Load necessary libraries
library(OPWpaper)
library(ggplot2)
library(reshape2) # library for the melt function
library(cowplot) # plot_grid function
Ranks proabbility comparison
Load data stored in r Biocpkg("OPWpaper")
load(system.file("simulations/results", "simu_prob_rank_givenEffect.RDATA",
package = "OPWpaper"), envir = environment())
To verify the proposed ranks probability, we conducted simulations. Figure 1 shows the ranks probability of a test from three different approaches: 1) Simulation approach and 2) Exact numerical solution and 3) Normal approximation of the proposed method. All plots of the simulation suggest nearly perfect alignment with the proposed (exact and approximate) methods.
dat00 <- prob_50_0_cont[[1]]
colnames(dat00) <- c("ranks", "SH0","SH1","EH0","EH1","AH0","AH1")
dat00 <- melt(dat00, id.var="ranks")
dat01 <- prob_50_1_cont[[2]]
colnames(dat01) <- c("ranks", "SH0","SH1","EH0","EH1","AH0","AH1")
dat01 <- melt(dat01, id.var="ranks")
dat12 <- prob_50_1_cont[[3]]
colnames(dat12) <- c("ranks", "SH0","SH1","EH0","EH1","AH0","AH1")
dat12 <- melt(dat12, id.var="ranks")
dat02 <- prob_50_2_cont[[2]]
colnames(dat02) <- c("ranks", "SH0","SH1","EH0","EH1","AH0","AH1")
dat02 <- melt(dat02,id.var="ranks")
p00 <- ggplot(dat00, aes(x = ranks, y = value, group = variable,
colour = variable)) +
geom_line(aes(linetype = variable), size = 1.5) +
labs(x = "Ranks", y = "p(rank | effect)", title = "ey = 0, e.one = 0") +
theme(legend.position="none") +
annotate("text", x=50, y=.011, label="P(rank | effect = 0)")
p01 <- ggplot(dat01, aes(x = ranks, y = value, group = variable,
colour = variable)) +
geom_line(aes(linetype = variable), size = 1.5) +
labs(x = "Ranks", y = "p(rank | effect)", title = "ey ~ U(0, 1), e.one = 1") +
theme(legend.position="none") +
annotate("text", x = c(50, 50), y = c(.005, .018),
label = c(paste(sprintf('\u2190'),"P(rank | effect = 0)"),
paste("P(rank | effect = e.one)", sprintf('\u2192'))))

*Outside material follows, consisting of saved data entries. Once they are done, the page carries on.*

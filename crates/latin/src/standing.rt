// How symbols stand in rows and columns.
ghost use Rattle.std.specs.Prelude.{◌≡◌, ℕ, ◌+◌, ◌*◌, ◌<◌, ◌==◌, count_by, length, slice_index};
ghost use Rattle.std.specs.List.{list_all, range_with_len};
ghost use Rattle.latin.specs.Latin.{is_square, row_symbols};

use puzzles::checks::{all_below, each_once};

// Whether each symbol stands once in a row.
fn once_in_row(size: usize, answer: &[u8], row: usize) -> bool
    requires on_board { row < size }
    requires square { length answer.now ≡ size * size }
    ensures { result ≡ list_all (λ s. count_by (λ x. x == s) (row_symbols size answer.now row) == 1) (range_with_len 0 size) }
{
    let start = row * size;
    each_once(size, &answer[start..start + size])
}

// Whether each symbol stands once in each row.
fn once_in_rows(size: usize, answer: &[u8]) -> bool
    requires { length answer.now ≡ size * size }
    ensures { result ≡ list_all (λ r. list_all (λ s. count_by (λ x. x == s) (row_symbols size answer.now r) == 1) (range_with_len 0 size)) (range_with_len 0 size) }
{
    (0..size).all(|row| once_in_row(size, answer, row))
}

// How often a symbol stands in a column.
fn count_in_column(size: usize, answer: &[u8], column: usize, symbol: usize) -> usize
    requires { (r : ℕ) → r < size → r * size + column < length answer.now }
    ensures { result ≡ count_by (λ r. slice_index answer.now (r * size + column) == symbol) (range_with_len 0 size) }
{
    (0..size)
        .filter(|row| answer[*row * size + column] as usize == symbol)
        .count()
}

// Whether each symbol stands once in a column.
fn once_in_column(size: usize, answer: &[u8], column: usize) -> bool
    requires on_board { column < size }
    requires square { length answer.now ≡ size * size }
    ensures { result ≡ list_all (λ s. count_by (λ r. slice_index answer.now (r * size + column) == s) (range_with_len 0 size) == 1) (range_with_len 0 size) }
{
    (0..size).all(|symbol| count_in_column(size, answer, column, symbol) == 1)
}

// Whether each symbol stands once in each column.
fn once_in_columns(size: usize, answer: &[u8]) -> bool
    requires { length answer.now ≡ size * size }
    ensures { result ≡ list_all (λ c. list_all (λ s. count_by (λ r. slice_index answer.now (r * size + c) == s) (range_with_len 0 size) == 1) (range_with_len 0 size)) (range_with_len 0 size) }
{
    (0..size).all(|column| once_in_column(size, answer, column))
}

// Whether each place has a symbol, and each symbol stands once in each row and each column.
#[tactic(auto, using(crate::proofs::Checked::square_checked))]
pub(crate) fn is_square(size: usize, answer: &[u8]) -> bool
    requires { length answer.now ≡ size * size }
    ensures { result ≡ is_square size answer.now }
{
    all_below(size, answer) && once_in_rows(size, answer) && once_in_columns(size, answer)
}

p12 <- ggplot(dat12, aes(x = ranks, y = value, group = variable,
colour = variable)) +
geom_line(aes(linetype = variable), size = 1.5) +
labs(x = "Ranks", y = "p(rank | effect)", title = "ey ~ U(1, 2), e.one = 1") +
theme(legend.position="none") +
annotate("text", x = c(60, 40), y=c(.001, .02),
label = c(paste(sprintf('\u2190'),"P(rank | effect = 0)"),
paste("P(rank | effect = e.one)", sprintf('\u2192'))))
p02 <- ggplot(dat02, aes(x = ranks, y = value, group = variable,
colour = variable)) +
geom_line(aes(linetype = variable), size = 1.5) +
labs(x = "Ranks", y = "p(rank | effect)", title = "ey ~ U(0, 1), e.one = 2") +
theme(legend.title = element_blank(), legend.position="bottom") +
annotate("text", x = c(50, 40), y=c(.04, .15),
label = c("P(rank | effect = 0)",paste(sprintf('\u2190'),"P(rank | effect = e.one)")))
# extract the legend from one of the plots
legend_art <- get_legend(p02 + theme(legend.direction="horizontal",
legend.position="bottom"))
p02 = p02 + theme(legend.position="none")
p = plot_grid(p00, p01, p12, p02, nrow = 2, labels = letters[1:4], align = 'hv')
# now add the title
title <- ggdraw() + draw_label("Continuous: m0 = 50, m1 = 50")
plot_grid(title, p, legend_art, ncol = 1, rel_heights=c(0.1, 1, .1))
Figure 1: Ranks probability, $p(r_i \mid \varepsilon_i)$, of the continuous effects for three different scenarios. For these plots, we assumed that there are $m = 100$ tests of which $m_0 = 50$ are true nulls and $m_1 = 50$ are true alternatives. Each plot consists of six curves, SH0, SH1, EH0, EH1, AH0, and AH1, where the first letter represents the method (S = simulated, E = exact, and A = approximate), and H0 and H1 represent the hypothesis type.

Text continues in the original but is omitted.